### Records shown
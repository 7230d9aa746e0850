// Faults of a line that begins with a directive.
ghost use Rattle.std.specs.Prelude.{◌≡◌, IfOk};
ghost use Rattle.lr_words.specs.Lists.{taboo_value};
ghost use Rattle.lr_forms.specs.Forms.{form_of};
ghost use Rattle.lr_forms.specs.Says.{texts, is_passed, is_script, is_outside, lists_nothing, lacks_value, has_more, checks};
ghost use Rattle.lr_forms.specs.Says.{first_fault};

use crate::form::{Form, form_of};
use crate::taboo::texts_of;
use lr_lex::Word;
use lr_rules::{ConfKind, Memory};
use lr_tables::Directive;
use lr_words::taboo_items;
use std::alloc::Global;

fn passed(form: &Form) -> bool
    ensures { result ≡ is_passed form.now }
{
    match form {
        Form::Passed => true,
        _ => false,
    }
}

fn script(form: &Form) -> bool
    ensures { result ≡ is_script form.now }
{
    match form {
        Form::Script => true,
        _ => false,
    }
}

fn outside(form: &Form) -> bool
    ensures { result ≡ is_outside form.now }
{
    match form {
        Form::Include => true,
        Form::Taboo { .. } => true,
        _ => false,
    }
}

fn lists_nothing(alloc: Global, values: &[Word]) -> Result<bool, Memory>
    ensures { IfOk result (λ nothing. nothing ≡ lists_nothing (taboo_value (texts values.now))) }
{
    let texts = texts_of(alloc, values)?;
    match taboo_items(alloc, texts.as_slice())? {
        Ok(_) => Ok(false),
        Err(_) => Ok(true),
    }
}

fn lacks_value(alloc: Global, form: &Form, values: &[Word]) -> Result<bool, Memory>
    ensures { IfOk result (λ lacks. lacks ≡ lacks_value form.now (texts values.now)) }
{
    match form {
        Form::One(_) => Ok(values.len() < 1),
        Form::Include => Ok(values.len() < 1),
        Form::Taboo { .. } => lists_nothing(alloc, values),
        _ => Ok(false),
    }
}

fn has_more(form: &Form, values: &[Word]) -> bool
    ensures { result ≡ has_more form.now (texts values.now) }
{
    match form {
        Form::Ending => true,
        Form::Script => true,
        Form::Passed => false,
        Form::Taboo { .. } => false,
        Form::One(_) => values.len() > 1,
        Form::Include => values.len() > 1,
        Form::Day => values.len() > 1,
        Form::Make { .. } => values.len() > 3,
        _ => values.len() > 0,
    }
}

fn first_fault(
    alloc: Global,
    inside: bool,
    brace: bool,
    stray: bool,
    form: &Form,
    values: &[Word],
) -> Result<Option<ConfKind>, Memory>
    ensures { IfOk result (λ fault. fault ≡ first_fault (checks inside brace stray form.now (texts values.now))) }
{
    if !inside && script(form) {
        Ok(Some(ConfKind::OutsideSet))
    } else if inside && outside(form) {
        Ok(Some(ConfKind::InsideSet))
    } else if lacks_value(alloc, form, values)? {
        Ok(Some(ConfKind::MissingValue))
    } else if brace || (stray && !passed(form)) || has_more(form, values) {
        Ok(Some(ConfKind::Stray))
    } else {
        Ok(None)
    }
}

/// The first fault of the line, those of its value aside.
pub(crate) fn fault_of(
    alloc: Global,
    inside: bool,
    brace: bool,
    stray: bool,
    directive: Directive,
    values: &[Word],
) -> Result<Option<ConfKind>, Memory>
    ensures { IfOk result (λ fault. fault ≡ first_fault (checks inside brace stray (form_of directive) (texts values.now))) }
{
    let form = form_of(directive);
    first_fault(alloc, inside, brace, stray, &form, values)
}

### Requirement
Which of the lines in the data hold the string "false"? Report each of them by copying it.

### Answer section
        _ => false,
        _ => false,
        _ => false,
        Ok(_) => Ok(false),
        _ => Ok(false),
        Form::Passed => false,
        Form::Taboo { .. } => false,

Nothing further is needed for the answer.